Reputation: 107
Inside Dockerfile I have this
......
......
RUN \\
chown root:root /opt \\
&& chown wasadmin:mqm /opt/adp \\
&& chown wasadmin:mqm -R /opt/adp/pids/ \\
&& chown wasadmin:mqm -R /var/scripts/
.......
.......
Instead fo the above I want to put
......
......
COPY scripts/myscript.sh /tmp
RUN chmod 700 /tmp/myscript.sh && /tmp/myscript.sh
.......
.......
The /tmp/myscript.sh
has the same contents as that of first RUN command, aka
chown root:root /opt
chown wasadmin:mqm /opt/adp
chown wasadmin:mqm -R /opt/adp/pids/
chown wasadmin:mqm -R /var/scripts/
By doing the second approach will it reduce layers ?
Upvotes: 1
Views: 403
Reputation: 158908
As a practical matter, you will notice absolutely no difference (unless your Dockerfile is very very large) and if the script is substantial you might find it easier to edit and debug the separate script.

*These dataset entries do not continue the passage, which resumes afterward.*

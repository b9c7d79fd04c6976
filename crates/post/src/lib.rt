// The post (document 01, "The frame", "Refusal numbers"): refusals 9, 1, 2, 3, 4, 5, in that order, or the request in the
// level's place and then the line rule.
#![tactic(auto)]

ghost use Rattle.std.specs.Prelude.{◌≡◌};
ghost use Rattle.post.specs.Post.{request_in, order_verdict, post_verdict, posted, post_of};

use channel::{Channel, Judged, Request};
use frame::{Order, Setup};
use refusal::Refusal;

// The order's request. No From, as its promise is the definition of this name.
fn request_in(order: Order) -> Request
    ensures { result ≡ request_in order }
{
    Request {
        direction: order.direction,
        space: order.space,
        address: order.address,
        left: order.length,
        offset: order.offset,
    }
}

// Refusals 1 to 5, of a set-up that keeps the frame and a sound channel.
fn order_verdict(setup: Setup, channel: Channel, order: Order) -> Result<(), Refusal>
    ensures { result ≡ order_verdict setup channel order }
{
    if !frame::is_present(setup.levels, order.level) {
        return Err(Refusal::LevelAbsent);
    }
    let open = channel::request_of(channel, order.level as usize);
    if open.left != 0 {
        return Err(Refusal::RequestOpen);
    }
    sound::request_verdict(setup, order.level, request_in(order))
}

// Whether a post is accepted, or the first refusal in the paper's order.
#[tactic(auto, unfolding(crate::specs::Post::post_verdict, sound::specs::Sound::sound_store))]
fn post_verdict(setup: Setup, channel: Channel, order: Order) -> Result<(), Refusal>
    ensures { result ≡ post_verdict setup channel order }
{
    sound::sound_store(setup, channel).ok_or(Refusal::Unsound)?;
    order_verdict(setup, channel, order)
}

// The channel with an accepted request.
#[tactic(auto, unfolding(crate::specs::Post::posted))]
fn accepted(channel: Channel, order: Order) -> Channel
    ensures { result ≡ posted channel order }
{
    channel::line_rule(channel::with_request(channel, order.level as usize, request_in(order)))
}

// Posts a request. A refused post gives back the channel that it got.
#[tactic(auto, unfolding(crate::specs::Post::post_of))]
pub fn post(setup: Setup, channel: Channel, order: Order) -> Judged
    ensures { result ≡ post_of setup channel order }
{
    let verdict = post_verdict(setup, channel, order);
    let next = if refusal::is_accepted(verdict) {
        accepted(channel, order)
    } else {
        channel
    };
    Judged {
        channel: next,
        verdict,
    }
}
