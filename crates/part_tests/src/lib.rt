//! Tests of single parts by their public calls: the chip, the core of priorities, rows, what events need, plans and maps.
#![tactic(auto)]

#[cfg(test)]
mod chip_tests;
#[cfg(test)]
mod core_tests;
#[cfg(test)]
mod helpers;
#[cfg(test)]
mod map_tests;
#[cfg(test)]
mod plan_tests;
#[cfg(test)]
mod row_tests;
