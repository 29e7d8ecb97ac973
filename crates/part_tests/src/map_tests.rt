// The map of the firmware of a program of three levels, whose state of 16 bits begins in the last byte of bank 0.
use crate::helpers::checked;
use bank_alloc::{Needs, place};
use causality::Checked;
use expr_lower::Cells;
use firmware_map::{Uses, map_of};
use frp_tree::Ty;
use map_file::{Map, Range};
use pic_isa::Source;
use pic_regs::Place;
use priority_masks::Levels;
use scratch_commit::Frame;
use std::alloc::Global;
use std::test::Fail;

const LAMP: &str =
    "event Tick = TMR1 priority 1; event Dim = CCP1 priority 4; event Button = INT priority 9; setup TRISC = 0; setup ADCON1 = 6; let on : bool = init false in { Button => !on; }; let seen : u8 = level; let left : u16 = init 0w in { Tick => left + 1w later; }; let level : u8 = init 255 in { Dim => level >> 1; }; output PORTC = level; output PORTE = seen;";

// States from 6Eh on, and two cells behind them.
const NEEDS: Needs = Needs {
    states: 4,
    levels: 13,
    scratch: 6,
};

const CELLS: u32 = 6;

// The frames of runs of levels 2 and 3.
const FRAMES: [Frame; 2] = [
    Frame {
        status: Some(Place::Plain(0x027)),
        pclath: None,
        intcon: Some(Place::Plain(0x029)),
        pie1: None,
        pie2: None,
    },
    Frame {
        status: Some(Place::Plain(0x071)),
        pclath: None,
        intcon: None,
        pie1: None,
        pie2: None,
    },
];

// The addresses of marks: opens at 101h, 102h and 103h, commits at 201h, 202h and 203h, the ready address 7FEh.
fn marks() -> [u16; 49] {
    let mut marks = [0u16; 49];
    for event in 0..3 {
        marks[16 + event] = 0x101 + event as u16;
        marks[32 + event] = 0x201 + event as u16;
    }
    marks[48] = 0x7FE;
    marks
}

fn map_with(alloc: Global, c: &Checked, pages: bool) -> Result<Map, Fail> {
    let Ok(levels) = Levels::new(c) else {
        return Err(Fail::new("there are three levels"));
    };
    let Ok(places) = place(&NEEDS) else {
        return Err(Fail::new("the bytes fit"));
    };
    if Cells::of_states(alloc, c)?.count() > CELLS {
        return Err(Fail::new("there are four cells of states"));
    }
    let uses = Uses {
        c,
        places: &places,
        frames: &FRAMES,
        cells: CELLS,
        pages,
    };
    Ok(map_of(alloc, &uses, &marks(), 1234, levels.count(), 56789)?)
}

fn map_of_lamp(alloc: Global, pages: bool) -> Result<Map, Fail> {
    map_with(alloc, &checked(alloc, LAMP)?, pages)
}

fn range(from: u16, to: u16) -> Range {
    Range { from, to }
}

fn has_event(map: &Map, n: u8, name: &str, source: Source, priority: u8) -> bool {
    match map.events.get(usize::from(n)) {
        Some(event) => {
            event.name.as_str() == name
                && event.source == source
                && event.priority == priority
                && event.open == 0x101 + u16::from(n)
                && event.commit == 0x201 + u16::from(n)
        }
        None => false,
    }
}

fn has_state(map: &Map, n: usize, name: &str, ty: Ty, low: u16, high: u16) -> bool {
    match map.states.get(n) {
        Some(state) => {
            state.name.as_str() == name && state.ty == ty && state.low == low && state.high == high
        }
        None => false,
    }
}

#[test]
fn map_has_each_field(rt: HostRuntime) -> Result<(), Fail> {
    let map = map_of_lamp(rt.alloc(), false)?;
    assert_eq!(rt; map.events.len(), 3);
    assert!(rt; has_event(&map, 0, "Tick", Source::Tmr1, 1));
    assert!(rt; has_event(&map, 1, "Dim", Source::Ccp1, 4));
    assert!(rt; has_event(&map, 2, "Button", Source::Int, 9));
    assert_eq!(rt; map.states.len(), 3);
    assert!(rt; has_state(&map, 0, "on", Ty::Bool, 0x06E, 0x06E));
    assert!(rt; has_state(&map, 1, "left", Ty::U16, 0x06F, 0x0A0));
    assert!(rt; has_state(&map, 2, "level", Ty::U8, 0x0A1, 0x0A1));
    assert!(rt; map.outputs.as_slice() == [2, 4].as_slice());
    assert_eq!(rt; map.samples.len(), 0);
    assert!(rt; map.ready == 0x7FE && map.depth == 3 && map.ram == 8);
    assert!(rt; map.words == 1234 && map.settle == 56789);
    let listed = [
        range(0x003, 0x003),
        range(0x007, 0x007),
        range(0x009, 0x009),
        range(0x00B, 0x00C),
        range(0x027, 0x027),
        range(0x029, 0x029),
        range(0x06E, 0x06F),
        range(0x071, 0x07F),
        range(0x087, 0x087),
        range(0x08C, 0x08C),
        range(0x09F, 0x0A3),
    ];
    assert!(rt; map.regs.as_slice() == listed.as_slice());
    Ok(())
}

#[test]
fn map_lists_pclath_with_pages(rt: HostRuntime) -> Result<(), Fail> {
    let map = map_of_lamp(rt.alloc(), true)?;
    let Some(third) = map.regs.get(2) else {
        return Err(Fail::new("there are three ranges"));
    };
    assert!(rt; *third == range(0x009, 0x00C));
    assert_eq!(rt; map.regs.len(), 10);
    Ok(())
}
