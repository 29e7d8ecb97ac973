// The number that is drawn from.
ghost use Rattle.std.specs.Prelude.{◌≡◌, ◌<◌};
ghost use Rattle.large_program.specs.Draws.{after_draws, below, next};

/// The number that follows is the number by the one of these and the other more, modulo 2 to the 32.
const FACTOR: u32 = 1_664_525;

const STEP: u32 = 1_013_904_223;

/// The number that is drawn from.
#[derive(Clone, Copy, Debug)]
pub(crate) struct Draws {
    pub number: u32,
}

impl Draws {
    /// The next draw, below m: the number goes on to the one that follows, and its upper 16 bits are taken modulo m. Takes no
    /// memory.
    pub(crate) fn below(&mut self, m: u32) -> u32
        requires { 0 < m }
        ensures number { self.new.number ≡ next self.old.number }
        ensures drawn { result ≡ below m self.new.number }
        ensures small { result < m }
    {
        self.number = self.number.wrapping_mul(FACTOR).wrapping_add(STEP);
        self.number / 65_536 % m
    }

    /// The number after so many draws. Takes no memory.
    pub(crate) fn after(n: u32, draws: u32) -> Draws
        ensures { result.number ≡ after_draws draws n }
    {
        let mut drawn = Draws { number: n };
        for _ in 0..draws {
            drawn.below(1);
        }
        drawn
    }
}
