// Instruction words, registers, and steps of the machine. Expected values are the data sheet's.
ghost use Rattle.std.specs.Prelude.{◌≤◌, length};

use hex_file::Image;
use pic_isa::{Dest, Instr, Source, decode};
use pic_machine::{Chip, Did, PortWrite};
use pic_regs::{Latch, Regs, Start, canonical};
use std::alloc::{AllocError, Global};
use std::test::Fail;

#[test]
fn decodes_words_of_the_table(rt: HostRuntime) {
    let rows = [
        (0x1683, Some(Instr::Bsf { f: 0x03, b: 5 })),
        (
            0x0E03,
            Some(Instr::Swapf {
                f: 0x03,
                d: Dest::W,
            }),
        ),
        (0x2C04, Some(Instr::Goto { k: 0x404 })),
        (0x3FFF, Some(Instr::Addlw { k: 0xFF })),
        (0x0062, None),
    ];
    for (word, wanted) in rows {
        assert!(rt; decode(word) == wanted);
    }
}

// Registers at power-on, with three bytes of RAM that aren't 0.
fn registers() -> Regs {
    let mut ram = [0x00; 368];
    ram[0] = 0x11;
    ram[96] = 0x22;
    ram[367] = 0x33;
    Regs::power_on(&Start {
        ram,
        w: 0x00,
        flags: 0xFD,
    })
}

#[test]
fn registers_hold_what_was_written(rt: HostRuntime) {
    let mut regs = registers();
    assert!(rt; regs.read(0x003) == 0x1D && regs.read(0x081) == 0xFF && regs.read(0x189) == 0x00);
    assert!(rt; regs.read(0x020) == 0x11 && regs.read(0x0A0) == 0x22 && regs.read(0x1EF) == 0x33);
    regs.write(0x186, 0xF0);
    regs.write(0x006, 0x5A);
    regs.set_pins(1, 0x3C);
    regs.write(0x1F5, 0x42);
    regs.write(0x10A, 0xFF);
    assert!(rt; regs.read(0x106) == 0x3A && regs.read(0x075) == 0x42 && regs.read(0x00A) == 0x1F);
    assert!(rt; canonical(0x186) == Some(0x086) && canonical(0x18F).is_none());
}

#[test]
fn registers_request_what_is_enabled(rt: HostRuntime) {
    let mut regs = registers();
    assert!(rt; regs.set_flag(Source::Tmr1) == Latch::Latched);
    let arrived = regs.arrive(0x081);
    assert!(rt; arrived.latched == 0x001 && arrived.merged == 0x080);
    regs.write(0x08C, 0x01);
    regs.write(0x00B, 0x80);
    assert!(rt; !regs.requested() && regs.flag(Source::Tmr1));
    regs.write(0x00B, 0xC0);
    assert!(rt; regs.requested());
}

// A chip at power-on whose program is these words from address 0 on, of which the low 14 bits count. STATUS is
// 1Dh, and W is as given.
fn started(alloc: Global, program: &[u16], w: u8) -> Result<Chip, AllocError>
    requires { length program.now ≤ 8192 }
{
    let image = Image::of_words(alloc, program)?;
    let start = Start {
        ram: [0x00; 368],
        w,
        flags: 0x05,
    };
    Ok(Chip::power_on(&image, &start))
}

// The instruction at this address has run, which is this word.
fn ran(address: u16, word: u16) -> Did {
    Did::Ran { address, word }
}

#[test]
fn takes_an_interrupt_and_returns(rt: HostRuntime) -> Result<(), Fail> {
    // MOVLW 90h; MOVWF INTCON; GOTO 2; at 4 BCF INTCON,INTF; RETFIE.
    let program = [0x3090, 0x008B, 0x2802, 0x0000, 0x108B, 0x0009];
    let mut chip = started(rt.alloc(), &program, 0x00)?;
    let _ = chip.step(0x000, false);
    let _ = chip.step(0x000, false);
    let taken = chip.step(0x002, false);
    assert!(rt;
        taken.did == Did::Took && !chip.due() && taken.latched == 0x002 && taken.wrote.is_none()
    );
    assert!(rt; chip.pc() == 0x0004 && chip.depth() == 1 && chip.regs().read(0x00B) == 0x12);
    assert!(rt; chip.step(0x000, false).wrote == Some(0x00B));
    let merged = chip.step(0x000, false);
    assert!(rt; merged.did == ran(0x0005, 0x0009));
    assert!(rt; chip.pc() == 0x0002 && chip.depth() == 0 && chip.regs().read(0x00B) == 0x90);
    Ok(())
}

#[test]
fn writes_a_port_and_reads_its_pins(rt: HostRuntime) -> Result<(), Fail> {
    // MOVWF PORTB; MOVF PORTB,W. All pins are inputs.
    let mut chip = started(rt.alloc(), &[0x0086, 0x0806], 0x5A)?;
    chip.set_pins(1, 0x3C);
    assert!(rt;
        chip.step(0x000, false).port
            == Some(PortWrite {
                port: 1,
                byte: 0x5A
            })
    );
    let _ = chip.step(0x000, false);
    assert!(rt; chip.w() == 0x3C);
    // Past the program stands 3FFFh, which is ADDLW FFh.
    assert!(rt; chip.step(0x000, false).did == ran(0x0002, 0x3FFF));
    assert!(rt; chip.w() == 0x3B);
    Ok(())
}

If you're considering this path, there's nothing wrong with it.
At a technical level, yes, the "classic" Docker builder will create one additional layer with the extra script. (The newer BuildKit builder has some optimization capabilities and might behave differently.) Unless you're hitting Docker's internal layer limit or there are build-cache considerations this doesn't really mean anything.